Now, if you formulate a turing-complete "decision algorithm", this heads into an infinite loop. But suppose that "decision algorithm" is defined as a huge table for lots of different possible situations, and the appropriate outputs.
Let's see what results such a thing should give:
- If the agent has the possibility to play a gamble, and the probabilities involved are not small, and he expects to be allowed to play many gambles like this in the future, he should decide exactly as if he was maximizing expected utility: If he has made many decisions like this, he will get a positive utility difference in the 50th percentile if and only if his expected utility from playing the gamble is positive.
- However, if Pascal's mugger comes along, he will decline: The complete probability of living in a universe where people like this mugger ought to be taken seriously is small. In the probability distribution over expected utility at the end of the agent's lifetime, the possibility of getting tortured will manifest itself only very slightly at the 50th percentile - much less than the possibility of losing 5 Dollars.

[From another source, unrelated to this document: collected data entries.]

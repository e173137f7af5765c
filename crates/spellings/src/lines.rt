//! The lines of a text of bytes, and the words of a line.

ghost use Rattle.std.specs.Prelude.{◌≡◌, ◌-◌, ◌<◌, ◌≤◌, ◌==◌, ◌∷◌, [], List, length, map, take, drop, not, IfOk, IfSome, MatchOption};
ghost use Rattle.std.specs.List.{prefix_len, after_first};
ghost use Rattle.spellings.specs.Lines.{lines_of, without_return, is_blank, words_in, after_blanks, is_content};

use crate::cut::cut_at;
use std::alloc::{AllocError, Global};

// The line without one carriage return at its end.
fn without_return(line: &[u8]) -> &[u8]
    ensures { result.now ≡ without_return line.now }
{
    match line {
        [front @ .., last] => { if *last == b'\r' { front } else { line } }
        [] => line,
    }
}

/// Where the line that begins at a place ends, and where what follows it begins: the end of the text,
/// or directly after the line feed. A line ends at a line feed or at the end of the text, and neither
/// the line feed nor one carriage return at the line's end is a part of it. `None` exactly where the
/// place is the end of the text: a line feed at the end begins no further line. The place is 0, or
/// such a second place.
pub fn line_at(bytes: &[u8], from: usize) -> Option<(usize, usize)>
    requires { from ≤ length bytes.now }
    ensures line { MatchOption result (from ≡ length bytes.now) (λ r. lines_of (drop from bytes.now) ≡ take (r.0 - from) (drop from bytes.now) ∷ lines_of (drop r.1 bytes.now)) }
    ensures after { IfSome result (λ r. drop r.1 bytes.now ≡ after_first (λ c. c == 10) (drop from bytes.now)) }
    ensures places { IfSome result (λ r. (from ≤ r.0) × (r.0 ≤ r.1) × (from < r.1) × (r.1 ≤ length bytes.now)) }
{
    let rest = &bytes[from..];
    if rest.is_empty() {
        return None;
    }
    match cut_at(rest, b'\n') {
        Some((line, after)) => {
            let end = from + without_return(line).len();
            Some((end, bytes.len() - after.len()))
        }
        None => Some((from + without_return(rest).len(), bytes.len())),
    }
}

// Whether the byte is a space or a tab.
fn is_blank(byte: u8) -> bool
    ensures { result ≡ is_blank byte }
{
    byte == b' ' || byte == b'\t'
}

// How many blank bytes stand at the front.
fn count_blanks(line: &[u8]) -> usize
    ensures value { result ≡ prefix_len is_blank line.now }
    ensures within { result ≤ length line.now }
{
    line.iter().take_while(|byte| is_blank(**byte)).count()
}

// How many bytes that are not blank stand at the front.
fn count_word(line: &[u8]) -> usize
    ensures value { result ≡ prefix_len (λ c. not (is_blank c)) line.now }
    ensures within { result ≤ length line.now }
{
    line.iter().take_while(|byte| !is_blank(**byte)).count()
}

// The line from its first byte on that is not blank.
fn after_blanks(line: &[u8]) -> &[u8]
    ensures { result.now ≡ after_blanks line.now }
{
    &line[count_blanks(line)..]
}

/// Whether the line is a content line: it is not empty and no comment. A line is empty where it has
/// no byte other than space and tab, and a comment where the first such byte is `#`.
pub fn is_content(line: &[u8]) -> bool
    ensures { result ≡ is_content line.now }
{
    match after_blanks(line) {
        [first, ..] => *first != b'#',
        [] => false,
    }
}

/// Where the next word from a place on begins, and where it ends. A word is a longest run of bytes
/// other than space and tab. `None` exactly where there is none. The place is 0, or the end of a word.
pub fn word_in(line: &[u8], from: usize) -> Option<(usize, usize)>
    requires { from ≤ length line.now }
    ensures word { MatchOption result (words_in (drop from line.now) ≡ []) (λ r. words_in (drop from line.now) ≡ take (r.1 - r.0) (drop r.0 line.now) ∷ words_in (drop r.1 line.now)) }
    ensures places { IfSome result (λ r. (from ≤ r.0) × (r.0 < r.1) × (r.1 ≤ length line.now)) }
{
    let rest = after_blanks(&line[from..]);
    if rest.is_empty() {
        return None;
    }
    let start = line.len() - rest.len();
    Some((start, start + count_word(rest)))
}

/// The words of the line: the longest runs of bytes other than space and tab.
pub fn words_in<'a>(alloc: Global, line: &'a [u8]) -> Result<Vec<&'a [u8]>, AllocError>
    ensures { IfOk result (λ v. map (λ w. w.now) v.items ≡ words_in line.now) }
{
    let mut words = Vec::new(alloc);
    let mut from = 0;
    while let Some((start, end)) = word_in(line, from) {
        words.push(&line[start..end])?;
        from = end;
    }
    Ok(words)
}
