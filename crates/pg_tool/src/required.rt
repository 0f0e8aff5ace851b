//! TLS that a session requires. Its connector is `NoTls`, which can't connect, so such a session ends in an error.

ghost use Rattle.std.specs.Prelude.{◌≡◌, ◌^◌, ◌<◌, ◌≤◌};
ghost use Rattle.pg_spec.specs.Links.{LinkView};
ghost use Rattle.pg_connect.specs.Calm.{StaysCalm};
ghost use Rattle.pg_startup.specs.SslRequests.{Asking};
ghost use Rattle.pg_tool.specs.Required.{AskEnds, AsksWithin, tls_error};

use futures::task::Poll;
use pg_config::SslMode;
use pg_errors::{Cause, Error};
use pg_open::TlsChoice;
use pg_play::pause;
use pg_startup::SslRequest;
use pg_wire::Link;
use std::alloc::Global;

/// Polls the request for TLS until it answers. Where a poll moved nothing the link is waited for, and where the next one
/// moves nothing either, the session is stalled.
#[tactic(auto, using(pg_play::proofs::Calming::calm_none))]
fn ask<L: Link>(request: &mut SslRequest, link: &mut L) -> Result<u8, Error>
    requires limit { request.old.bytes.max_bytes < 2 ^ 63 }
    requires given { request.old.bytes.given ≤ request.old.bytes.max_bytes }
    ensures answer { (begin : LinkView) → Asking begin (L.view link.old) request.old → StaysCalm begin (L.view link.old) →
        AskEnds begin (L.view link.new) request.new result }
    ensures same { request.new.bytes.max_bytes ≡ request.old.bytes.max_bytes }
{
    let mut waited = false;
    'polls: loop {
        let before = link.quiet();
        match request.poll(link) {
            Poll::Ready(answer) => return answer,
            Poll::Pending => {}
        }
        let after = link.quiet();
        waited = pause(link, request.moved(), waited, before, after)?;
    }
}

/// Asks the server for TLS, and says why the session ends: Tls(Handshake) comes exactly where the server has TLS,
/// Tls(Refused) exactly where it has none. Before its byte come Io, LimitReached where the limit allows no byte, Stalled.
pub(crate) fn ask_in_vain<L: Link>(alloc: Global, max_bytes: u64, link: &mut L) -> Error
    requires { max_bytes < 2 ^ 63 }
    ensures { AsksWithin max_bytes (L.view link.old) (L.view link.new) result }
{
    let Ok(mut request) = SslRequest::new(alloc, max_bytes) else {
        return Error::OutOfMemory;
    };
    match ask(&mut request, link) {
        Ok(byte) => error_of(TlsChoice::after_byte(SslMode::Require, true, byte)),
        Err(error) => error,
    }
}

/// What a choice of TLS comes to over `NoTls`, whose handshake fails at once.
fn error_of(choice: TlsChoice) -> Error
    ensures { result ≡ tls_error choice }
{
    match choice {
        TlsChoice::Fails(cause) => Error::Tls(cause),
        _ => Error::Tls(Cause::Handshake),
    }
}
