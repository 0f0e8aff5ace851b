//! The numbers of a generated session, as the program's words spell them.

ghost use Rattle.std.specs.Prelude.{map, string_bytes};
ghost use Rattle.pg_spec.specs.SessionText.{IsNumber};
ghost use Rattle.pg_text.specs.Words.{Means};
ghost use Rattle.pg_tool.specs.Words.{AreNumbers, AreSpelled, AsksNumbers};

use pg_gen::MOST_COMMANDS;
use pg_text::number_of;

/// How many commands a generated session has, and its seed.
#[derive(Clone, Copy, Debug, PartialEq, Eq, Drop)]
pub(crate) struct Numbers {
    pub(crate) commands: u32,
    pub(crate) seed: u32,
}

/// The numbers behind the word `gen`, each in digits alone: the commands from 1 to 100,000, the seed of 32 bits. None where
/// the words are others.
pub(crate) fn asked_numbers(words: &[String]) -> Option<Numbers>
    ensures { AsksNumbers (map string_bytes words.now) result }
{
    match words {
        [word, commands, seed] => spelled(word.as_str(), commands.as_str(), seed.as_str()),
        _ => None,
    }
}

/// Both numbers, behind the word `gen`.
fn spelled(word: &str, commands: &str, seed: &str) -> Option<Numbers>
    ensures { AreSpelled word.now commands.now seed.now result }
{
    if word != "gen" {
        return None;
    }
    numbers_of(commands, seed)
}

/// Both numbers, where both are in range.
fn numbers_of(commands: &str, seed: &str) -> Option<Numbers>
    ensures { AreNumbers commands.now seed.now result }
{
    let Some(commands) = small_number(commands, MOST_COMMANDS) else {
        return None;
    };
    let Some(seed) = small_number(seed, u32::MAX) else {
        return None;
    };
    if commands == 0 {
        return None;
    }
    Some(Numbers { commands, seed })
}

/// The number that decimal digits spell, of at most `most`.
fn small_number(digits: &str, most: u32) -> Option<u32>
    ensures { Means (IsNumber most) digits.now result }
{
    let Some(number) = number_of(digits.as_bytes(), most as u64) else {
        return None;
    };
    Some(number as u32)
}
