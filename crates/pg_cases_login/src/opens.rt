//! Connections that are opened.

ghost use Rattle.pg_open.specs.Opening.{IsOpening};
ghost use Rattle.pg_cases_login.specs.Around.{around};

use crate::connector::{Connector, Stream};
use crate::endings::{tell_choice, tell_chosen, tell_error, tell_link};
use crate::setting;
use futures::task::Poll;
use pg_cases::words::{at, text_at};
use pg_cases::written;
use pg_config::Config;
use pg_connect::Connection;
use pg_errors::Error;
use pg_open::{ConnectRaw, MaybeTls, OpenStage, Opened, connect_raw};
use pg_wire::{LinkWait, MemoryLink};
use std::alloc::{AllocError, Global};

/// How often a case is polled at most.
const POLLS: u32 = 9;

/// The settings that the server reported.
fn tell_parameters(
    connection: &Connection<MaybeTls<MemoryLink, Stream>>,
    out: &mut String,
) -> Result<(), AllocError> {
    for i in 0..9 {
        if let Some((name, value)) = connection.parameter_at(i) {
            write!(out, " {name}={value}")?;
        }
    }
    Ok(())
}

/// Whether these bytes are what the link took, and then the stream over it.
fn is_what_went(sent: &[u8], link: &MaybeTls<MemoryLink, Stream>) -> bool {
    match link {
        MaybeTls::Raw(link) => sent == link.taken(),
        MaybeTls::Tls(stream) => {
            let asked = match &stream.under {
                Some(link) => link.taken(),
                None => b"",
            };
            sent.starts_with(asked)
                && sent.ends_with(stream.inside.taken())
                && sent.len() == asked.len().saturating_add(stream.inside.taken().len())
        }
    }
}

/// The connection behind its startup: the key, the reports, what the links took, whether that is what is said to have been
/// sent, and what came behind ReadyForQuery.
fn tell_opened(opened: &Opened<MemoryLink, Connector>, out: &mut String) -> Result<(), AllocError> {
    let info = &opened.info;
    write!(out, " opened {} {}", info.process_id, info.secret_key)?;
    write!(out, " {:?} {:?}", info.ssl_mode, info.ssl_negotiation)?;
    tell_parameters(&opened.connection, out)?;
    tell_chosen(&opened.connection.link, out)?;
    if !is_what_went(opened.sent.as_slice(), &opened.connection.link) {
        out.push_str(" but sent")?;
        written::tell(opened.sent.as_slice(), out)?;
    }
    let streams = &opened.connection.streams;
    write!(out, " notices {} left", streams.delayed.len())?;
    written::tell(streams.buffer.as_slice(), out)
}

/// What the links took where it stands.
fn tell_stage(
    stage: &OpenStage<MemoryLink, Connector>,
    out: &mut String,
) -> Result<(), AllocError> {
    match stage {
        OpenStage::Fresh(link, _) => tell_link(link, out),
        OpenStage::Choosing(choice) => tell_choice(choice, out),
        OpenStage::Starting(starting) => tell_chosen(&starting.link, out),
        OpenStage::Over(Some(link)) => tell_chosen(link, out),
        OpenStage::Over(None) => Ok(()),
    }
}

/// A poll that was pending: whether it moved, how often the link wasn't ready, and what a wait answers.
fn tell_pending(
    raw: &mut ConnectRaw<MemoryLink, Connector>,
    out: &mut String,
) -> Result<LinkWait, AllocError>
    requires open { IsOpening around raw.old.settings raw.old.stage }
    ensures open { IsOpening around raw.new.settings raw.new.stage }
{
    out.push_str(if raw.moved() { " moved" } else { " still" })?;
    let quiet = raw.quiet();
    let wait = raw.wait();
    write!(out, " {quiet} {wait:?}")?;
    Ok(wait)
}

/// What the last poll answered; behind an error what the links took where it stood.
fn tell_answer(
    answer: &Result<Opened<MemoryLink, Connector>, Error>,
    stage: &OpenStage<MemoryLink, Connector>,
    out: &mut String,
) -> Result<(), AllocError> {
    match answer {
        Ok(opened) => tell_opened(opened, out),
        Err(error) => {
            tell_error(error, out)?;
            tell_stage(stage, out)
        }
    }
}

/// The same of an answer that is owned here alone.
fn tell_ready(
    answer: Result<Opened<MemoryLink, Connector>, Error>,
    stage: &OpenStage<MemoryLink, Connector>,
    out: &mut String,
) -> Result<(), AllocError> {
    tell_answer(&answer, stage, out)
}

/// Polls until it answers, or until the link has nothing to wait for.
fn tell_polls(
    alloc: Global,
    raw: ConnectRaw<MemoryLink, Connector>,
    out: &mut String,
) -> Result<(), AllocError>
    requires open { IsOpening around raw.settings raw.stage }
{
    let mut raw = raw;
    'polls: for _ in 0..POLLS {
        match raw.poll(alloc) {
            Poll::Ready(answer) => return tell_ready(answer, &raw.stage, out),
            Poll::Pending => {
                if tell_pending(&mut raw, out)? != LinkWait::Ready {
                    break;
                }
            }
        }
    }
    out.push_str(" waits")?;
    tell_stage(&raw.stage, out)
}

/// Opens a connection by the words: the first one is `open`, or `nameless` where the host has no name, and may name a limit
/// on the bytes that are given; then the connection string, the nonce, the connector and what the server gives.
pub(crate) fn tell(alloc: Global, words: &[Vec<u8>], out: &mut String) -> Result<(), AllocError> {
    let config = match Config::from_str(alloc, text_at(words, 1)) {
        Ok(config) => config,
        Err(error) => return tell_error(&error, out),
    };
    let (kind, limit) = match text_at(words, 0).split_once('=') {
        Some((kind, limit)) => (kind, limit.parse::<u64>().unwrap_or(0)),
        None => (text_at(words, 0), 1 << 20),
    };
    let rest = words.get(4..).unwrap_or(&[]);
    let (link, connector) = setting::read(alloc, at(words, 3), rest)?;
    let raw = connect_raw(
        link,
        connector,
        kind != "nameless",
        &config,
        at(words, 2),
        limit.min(1 << 20),
    );
    tell_polls(alloc, raw, out)
}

The reason why humans will intuitively decline to give money to the mugger might be similar: They imagine not the expected utility with both decisions, but the typical outcome of giving the mugger some money, versus declining to.
1I say this to make agents of the same type cooperate in prisoner-like dilemmas.
Yes, if we have large populations of "all-in bettors" and Kelly bettors, then as the number of bets increase the all-in bettors lead in total wealth increases exponentially, while the probability of an all-in bettor being ahead of a Kelly bettor falls exponentially. And as you go to infinity the wealth multiplier of the all-in bettors goes to infinity, while the probability of an all-in bettor leading a Kelly bettor goes to zero. And that was the originally cited reasoning.
Now, one might be confused by the "beats any other constant bankroll allocation (but see the bottom paragraph) with probability 1" and think that it implies "bettors with this strategy will make more money on average than those using other strategies," as it would in a finite case if every bettor using one strategy did better than any bettor using any other strategy.
But absent that confusion, why favor probability of being ahead over wealth unless one has an appropriate utility function? One route is log utility (for which Kelly is optimal), and I argued against it as psychologically unrealistic, but I agree there are others. Bounded utility functions would also prefer the Kelly outcome to the all-in outcome in the infinite limit, and are more plausible than log utility.
Also, consider strategies that don't allocate a constant proportion in every bet, e.g. first do an all-in bet, then switch to Kelly. If the first bet has a 60% chance of tripling wealth and a 40% chance of losing everything, then the average, total, and median wealth of these mixed-strategy bettors will beat the Kelly bettors for any number of bets in a big population. These don't necessarily come to mind when people hear loose descriptions of Kelly.
Sure, I don't see anything here to disagree with.